3. A semi-automatic line width detection device according to claim 2, characterized in that: the shooting mechanism comprises a CCD camera, a zoom lens and an LED light source, the CCD camera is installed on the fixing base, the zoom lens is installed at the working end of the CCD camera, and the LED light source is installed below the fixing base and located on the zoom lens.

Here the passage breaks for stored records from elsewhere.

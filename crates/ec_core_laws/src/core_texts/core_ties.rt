//! A reader who believes the relation that is proved here need not read how the core is made.
ghost use Rattle.ec_core_laws.specs.CoreTiesLaws.{EachAssignmentHasATarget, EachClassIsDeclared, EachCoreIsTied};

/// The core of each accepted program is tied to its tree, construct by construct, where each assignment has a target.
pub fn each_core_is_tied()
    ensures { EachCoreIsTied }
{}

/// The number of each class is that of a declared type.
pub fn each_class_is_declared()
    ensures { EachClassIsDeclared }
{}

/// Each assignment in the tree of a text has a target: a name, or a chain that ends in an index.
pub fn each_assignment_has_a_target()
    ensures { EachAssignmentHasATarget }
{}
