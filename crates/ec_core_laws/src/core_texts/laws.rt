//! What holds of the literal texts of programs and of their cores.
ghost use Rattle.ec_core_laws.specs.CoreTextsLaws.{EachTextIsBytes, EachTextOfATextIsBytes};

/// Each literal text in the core is a list of bytes, where each in the tree is.
pub fn each_text_is_bytes()
    ensures { EachTextIsBytes }
{}

/// Each literal text in a program of a text is a list of bytes.
pub fn each_text_of_a_text_is_bytes()
    ensures { EachTextOfATextIsBytes }
{}
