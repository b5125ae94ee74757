//! What the size of lowered code rests on.
ghost use Rattle.ec_core_laws.specs.CoreSizesLaws.{ConstantsAreSmall, EachClassHasFewFields, EachNodeHasAToken};
ghost use Rattle.ec_core_laws.specs.CoreSizesLaws.{EachOperationHasFewParameters, EachValueIsCapturedOnce};

/// A class has at most 100 fields: captured names, parameters, declared fields and conditions.
pub fn each_class_has_few_fields()
    ensures { EachClassHasFewFields }
{}

/// An operation has at most 16 parameters.
pub fn each_operation_has_few_parameters()
    ensures { EachOperationHasFewParameters }
{}

/// The values of the constants are within the limits of an operation.
pub fn constants_are_small()
    ensures { ConstantsAreSmall }
{}

/// All object constructors together capture no more values than the classes capture names.
pub fn each_value_is_captured_once()
    ensures { EachValueIsCapturedOnce }
{}

/// A core of a text has no more nodes than the text has tokens.
pub fn each_node_has_a_token()
    ensures { EachNodeHasAToken }
{}
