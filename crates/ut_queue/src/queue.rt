//! A list that grows at its end and shrinks at its front, with room that is made before it is used.
ghost use Rattle.std.specs.Prelude.{◌≡◌, ◌+◌, ◌<◌, ◌≤◌, ◌++◌, [], ◌∷◌, length, drop, slice_set, OnOk};

use std::alloc::{AllocError, Global};
use std::marker::Model;

/// The items that were taken stay in front until they are as many as the others, so that taking
/// one by one moves each item once on average.
#[derive(Drop)]
pub struct Queue<T: Drop> {
    held: Vec<T>,
    taken: usize,
}

impl<T: Drop> Model for Queue<T> {
    ghost use Rattle.std.specs.Prelude.{◌-◌, ◌≤◌, length, drop, vec_len, vec_capacity};
    ghost use Rattle.ut_queue.specs.Queued.{Queued};

    ghost Value = { Queued T };

    ghost view = { λ q. record { items = drop q.taken q.held.items; room = vec_capacity q.held - vec_len q.held } };

    ghost invariant = { λ q. q.taken ≤ length q.held.items };
}

impl<T: Drop> Queue<T> {
    pub fn new(alloc: Global) -> Self
        ensures { result.items ≡ [] }
    {
        Queue {
            held: Vec::new(alloc),
            taken: 0,
        }
    }

    /// Makes sure that n items can be pushed.
    pub fn room(&mut self, n: usize) -> Result<(), AllocError>
        ensures ok { OnOk result (n ≤ self.new.room) }
        ensures kept { self.old.room ≤ self.new.room }
        ensures items { self.new.items ≡ self.old.items }
    {
        self.held.reserve(n)
    }

    /// Takes no memory.
    pub fn push(&mut self, item: T)
        requires { 0 < self.old.room }
        ensures items { self.new.items ≡ self.old.items ++ item ∷ [] }
        ensures room { self.new.room + 1 ≡ self.old.room }
    {
        self.held.push_reserved(item);
    }

    pub fn as_slice(&self) -> &[T]
        ensures { result.now ≡ self.now.items }
    {
        &self.held.as_slice()[self.taken..]
    }

    /// Puts an item in the place of another.
    pub fn set(&mut self, i: usize, item: T)
        requires { i < length self.old.items }
        ensures items { self.new.items ≡ slice_set self.old.items i item }
        ensures room { self.new.room ≡ self.old.room }
    {
        let place = self.taken + i;
        self.held[place] = item;
    }

    /// Removes the first n items.
    pub fn take_first(&mut self, n: usize)
        requires { n ≤ length self.old.items }
        ensures items { self.new.items ≡ drop n self.old.items }
        ensures room { self.old.room ≤ self.new.room }
    {
        let taken = self.taken + n;
        let len = self.held.as_slice().len();
        if taken < len - taken {
            self.taken = taken;
            return;
        }
        self.held.as_mut_slice().rotate_left(taken);
        self.held.truncate(len - taken);
        self.taken = 0;
    }
}
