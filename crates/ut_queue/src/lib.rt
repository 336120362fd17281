//! A list that grows at its end and shrinks at its front, with room that is made before it is used.
#![tactic(auto)]

mod queue;

pub use queue::Queue;
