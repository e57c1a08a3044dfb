ghost use Rattle.std.specs.Prelude.{◌≡◌, IfOk};
ghost use Rattle.std.specs.Cow.{cow_value};

use crate::entry::Entry;
use crate::report::Report;
use pana_copies::DeviceName;
use std::alloc::{AllocError, Global};
use std::borrow::Cow;
use std::marker::Model;

/// An entry as a journal keeps it, lent by the journal. To contracts it is the entry.
pub struct KeptEntry<'a> {
    number: u64,
    by: &'a DeviceName,
    report: Cow<'a, Report>,
}

impl<'a> Drop for KeptEntry<'a> {
    fn drop(self) {
        let KeptEntry {
            number: _,
            by: _,
            report: _,
        } = self;
    }
}

impl<'a> Model for KeptEntry<'a> {
    ghost use Rattle.std.specs.Cow.{cow_value};
    ghost use Rattle.pana_journal.specs.declared.entry.Entry.{Entry};

    ghost Value = { Entry };

    ghost view = { λ it. record { number = it.number; by = it.by.now; report = cow_value it.report } };
}

impl<'a> KeptEntry<'a> {
    pub(crate) fn new(number: u64, by: &'a DeviceName, report: Cow<'a, Report>) -> KeptEntry<'a>
        ensures { result ≡ record { number = number; by = by.now; report = cow_value report.entry } }
    {
        KeptEntry { number, by, report }
    }

    /// The device that reported it. Takes no memory.
    pub fn by(&self) -> &DeviceName
        ensures { result.now ≡ self.now.by }
    {
        self.by
    }

    /// What was reported. Takes no memory.
    pub fn report(&self) -> &Report
        ensures { result.now ≡ self.now.report }
    {
        self.report.as_ref()
    }

    /// The entry as one that the journal doesn't lend. Fails only where memory runs out.
    pub fn copy_of(&self, alloc: Global) -> Result<Entry, AllocError>
        ensures { IfOk result (λ entry. entry ≡ self.now) }
    {
        let report = self.report().copy_of(alloc)?;
        Ok(Entry {
            number: self.number,
            by: self.by.copy_of(),
            report,
        })
    }
}
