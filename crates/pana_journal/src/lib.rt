//! The journal: every report that was accepted, in order, each entry with its number.
#![tactic(auto)]

mod entry;
mod journal;
mod kept_entry;
mod line;
mod report;
mod report_kind;

pub use crate::entry::Entry;
pub use crate::journal::{EntryList, Journal, JournalFault};
pub use crate::kept_entry::KeptEntry;
pub use crate::report::Report;
pub use crate::report_kind::ReportKind;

4. The apparatus according to claim 2, wherein the image capturing assembly is connected to a detection system, the detection system comprises:

the binarization operation processing module is used for receiving the PCB image information transmitted by the shooting mechanism, and performing binarization operation processing on a target PCB image to generate a binarization image of the target PCB image;

the line width structural element construction module is used for constructing line width structural elements according to a preset line width threshold value;

the opening operation processing module is used for performing morphological opening operation processing on the binary image by adopting the line width structural element to generate an opening operation processing image of the target PCB image;

the first difference operation processing module is used for carrying out difference operation processing on the opening operation processing image and the binarization image to generate a line width detection image of the target PCB image;

and the line width detection result determining module is used for determining the line width detection result of the conducting wire in the target PCB image according to the line width detection image.

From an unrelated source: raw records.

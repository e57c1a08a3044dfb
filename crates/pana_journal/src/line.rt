//! What a journal keeps of an entry: 16 bytes, and beside them a report that has no room there.
ghost use Rattle.std.specs.Prelude.{◌≡◌, ℕ, ◌+◌, ◌<◌, ◌≤◌, List, length, IfSome, IfOk, Some, slice_get, option_copied, vec_len, vec_capacity};
ghost use Rattle.std.specs.Cow.{cow_value};
ghost use Rattle.pana_journal.specs.declared.report.Report.{Report as AReport};
ghost use Rattle.pana_journal.specs.{inner.Lines.IsThere, inner.Lines.Keeps, inner.Lines.report_kept, Reports.given_sum};

use crate::report::Report;
use pana_copies::{DeviceName, Sum};
use std::alloc::{AllocError, Global};
use std::borrow::Cow;

/// How many hints there are of where a name stands: one for each value of a byte.
pub(crate) const HINTS: usize = 256;

/// An entry without its number.
#[derive(Clone, Copy)]
pub(crate) struct Line {
    /// The index of the device's name in a list of names.
    pub(crate) by: u32,
    pub(crate) report: Kept,
}

const _: () = prove!(size_of::<Line>() == 16);

/// A report: its kind and its numbers, or where it stands in a list of those that have more than numbers, or one above
/// 4,294,967,295.
#[derive(Clone, Copy)]
pub(crate) enum Kept {
    /// An Edit without a sum.
    Edit { copy: u32 },
    /// A Reconcile without a sum.
    Reconcile { a: u32, b: u32 },
    /// A Merge without a sum.
    Merge { a: u32, b: u32 },
    /// A Remove without an heir.
    Remove { copy: u32 },
    /// A Remove with an heir.
    Bequeath { copy: u32, heir: u32 },
    /// A Confirm.
    Confirm { entry: u32 },
    /// A Withdraw.
    Withdraw { entry: u32 },
    /// The report at this index of the list.
    Other { index: u32 },
}

/// The number in half the bytes, if it has room there.
fn short(number: u64) -> Option<u32>
    ensures { IfSome result (λ it. it ≡ number) }
{
    u32::try_from(number).ok()
}

/// Two numbers in half the bytes, if they have room there.
fn short_pair(a: u64, b: u64) -> Option<(u32, u32)>
    ensures { IfSome result (λ it. (it.0 ≡ a) × (it.1 ≡ b)) }
{
    Some((short(a)?, short(b)?))
}

/// The report without a list, where it can be kept so.
fn kept_alone(report: &Report) -> Option<Kept>
    ensures is { IfSome result (λ kept. (others : List AReport) → report_kept others kept ≡ report.now) }
    ensures there { IfSome result (λ kept. (others : ℕ) → IsThere others kept) }
{
    match report {
        Report::Edit { copy, sum: None } => Some(Kept::Edit {
            copy: short(*copy)?,
        }),
        Report::Reconcile { a, b, sum: None } => {
            let (a, b) = short_pair(*a, *b)?;
            Some(Kept::Reconcile { a, b })
        }
        Report::Merge { a, b, sum: None } => {
            let (a, b) = short_pair(*a, *b)?;
            Some(Kept::Merge { a, b })
        }
        Report::Remove { copy, heir: None } => Some(Kept::Remove {
            copy: short(*copy)?,
        }),
        Report::Remove {
            copy,
            heir: Some(heir),
        } => {
            let (copy, heir) = short_pair(*copy, *heir)?;
            Some(Kept::Bequeath { copy, heir })
        }
        Report::Confirm { entry } => Some(Kept::Confirm {
            entry: short(*entry)?,
        }),
        Report::Withdraw { entry } => Some(Kept::Withdraw {
            entry: short(*entry)?,
        }),
        _ => None,
    }
}

/// Keeps a report, at the end of the list of others where it can't be kept without. Takes no memory.
pub(crate) fn keep_report(others: &mut Vec<Report>, report: Report) -> Kept
    requires room { vec_len others.old < vec_capacity others.old }
    requires few { vec_len others.old ≤ 1000000 }
    ensures is { report_kept others.new.items result ≡ report }
    ensures there { IsThere (length others.new.items) result }
    ensures keeps { Keeps others.old.items others.new.items }
    ensures more { vec_len others.new ≤ vec_len others.old + 1 }
    ensures least { length others.old.items ≤ length others.new.items }
    ensures capacity { vec_capacity others.new ≡ vec_capacity others.old }
{
    if let Some(kept) = kept_alone(&report) {
        drop(report);
        return kept;
    }
    let index = others.len() as u32;
    others.push_reserved(report);
    Kept::Other { index }
}

/// The position of the hint of a name: a byte of all of it, in which most other names differ.
fn mark(by: &DeviceName) -> usize {
    let mut mark = 0u8;
    for byte in by.as_str().as_bytes() {
        mark = mark.wrapping_mul(31).wrapping_add(*byte);
    }
    mark as usize
}

/// The index of this name, if it stands where the hint says.
fn hinted_index(names: &[DeviceName], hint: Option<&u32>, by: &DeviceName) -> Option<u32>
    ensures { IfSome result (λ index. slice_get names.now index ≡ Some by.now) }
{
    let index = *hint?;
    if *names.get(index as usize)? == *by {
        Some(index)
    } else {
        None
    }
}

/// Keeps a name, at the end of the list where it doesn't stand where the hint of its mark says, and returns its index, which is the
/// hint from then on. Takes no memory.
pub(crate) fn keep_name(names: &mut Vec<DeviceName>, hints: &mut [u32], by: DeviceName) -> u32
    requires room { vec_len names.old < vec_capacity names.old }
    requires few { vec_len names.old ≤ 1000000 }
    ensures is { slice_get names.new.items result ≡ Some by }
    ensures keeps { Keeps names.old.items names.new.items }
    ensures more { vec_len names.new ≤ vec_len names.old + 1 }
    ensures least { length names.old.items ≤ length names.new.items }
    ensures capacity { vec_capacity names.new ≡ vec_capacity names.old }
{
    let mark = mark(&by);
    if let Some(index) = hinted_index(names.as_slice(), hints.get(mark), &by) {
        return index;
    }
    let index = names.len() as u32;
    if let Some(hint) = hints.get_mut(mark) {
        *hint = index;
    }
    names.push_reserved(by);
    index
}

/// The report that is kept so. Takes no memory.
pub(crate) fn report_kept(kept: Kept, others: &[Report]) -> Cow<'_, Report>
    requires { IsThere (length others.now) kept }
    ensures { cow_value result ≡ report_kept others.now kept }
{
    match kept {
        Kept::Edit { copy } => Cow::Owned(Report::Edit {
            copy: u64::from(copy),
            sum: None,
        }),
        Kept::Reconcile { a, b } => Cow::Owned(Report::Reconcile {
            a: u64::from(a),
            b: u64::from(b),
            sum: None,
        }),
        Kept::Merge { a, b } => Cow::Owned(Report::Merge {
            a: u64::from(a),
            b: u64::from(b),
            sum: None,
        }),
        Kept::Remove { copy } => Cow::Owned(Report::Remove {
            copy: u64::from(copy),
            heir: None,
        }),
        Kept::Bequeath { copy, heir } => Cow::Owned(Report::Remove {
            copy: u64::from(copy),
            heir: Some(u64::from(heir)),
        }),
        Kept::Confirm { entry } => Cow::Owned(Report::Confirm {
            entry: u64::from(entry),
        }),
        Kept::Withdraw { entry } => Cow::Owned(Report::Withdraw {
            entry: u64::from(entry),
        }),
        Kept::Other { index } => Cow::Borrowed(&others[index as usize]),
    }
}

/// A copy of the report that is kept so. Fails only where memory runs out.
pub(crate) fn report_copy(
    alloc: Global,
    kept: Kept,
    others: &[Report],
) -> Result<Report, AllocError>
    requires { IsThere (length others.now) kept }
    ensures { IfOk result (λ report. report ≡ report_kept others.now kept) }
{
    match report_kept(kept, others) {
        Cow::Owned(report) => Ok(report),
        Cow::Borrowed(report) => report.copy_of(alloc),
    }
}

/// The sum that is kept with a report, if it gives one. Takes no memory.
pub(crate) fn sum_kept(kept: Kept, others: &[Report]) -> Option<&Sum>
    requires { IsThere (length others.now) kept }
    ensures { option_copied result ≡ given_sum (report_kept others.now kept) }
{
    match kept {
        Kept::Other { index } => others[index as usize].sum(),
        Kept::Edit { .. }
        | Kept::Reconcile { .. }
        | Kept::Merge { .. }
        | Kept::Remove { .. }
        | Kept::Bequeath { .. }
        | Kept::Confirm { .. }
        | Kept::Withdraw { .. } => None,
    }
}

5. The semi-automatic line width detection device according to claim 1, wherein the X-axis adjusting mechanism comprises a base mounted on the frame, an X-axis slide rail and an X-axis lead screw, the X-axis lead screw is arranged on the base, the X-axis lead screw is connected with a driving table through a lead screw nut, the driving table is slidably mounted on the X-axis slide rail, and one end of the X-axis lead screw is provided with an X-axis adjusting knob; and the Y-axis regulating mechanism is arranged on the driving platform.

6. The semi-automatic line width detection device according to claim 5, wherein the Y-axis adjusting mechanism comprises a Y-axis slide rail mounted on the driving platform and a Y-axis lead screw arranged on one side of the Y-axis slide rail, the console is slidably mounted on the Y-axis slide rail, the Y-axis lead screw is connected with the console through a lead screw nut, and one end of the Y-axis lead screw is provided with a Y-axis adjusting knob.

7. The apparatus of claim 1, wherein a transparent slide for flattening the PCB is disposed on the console.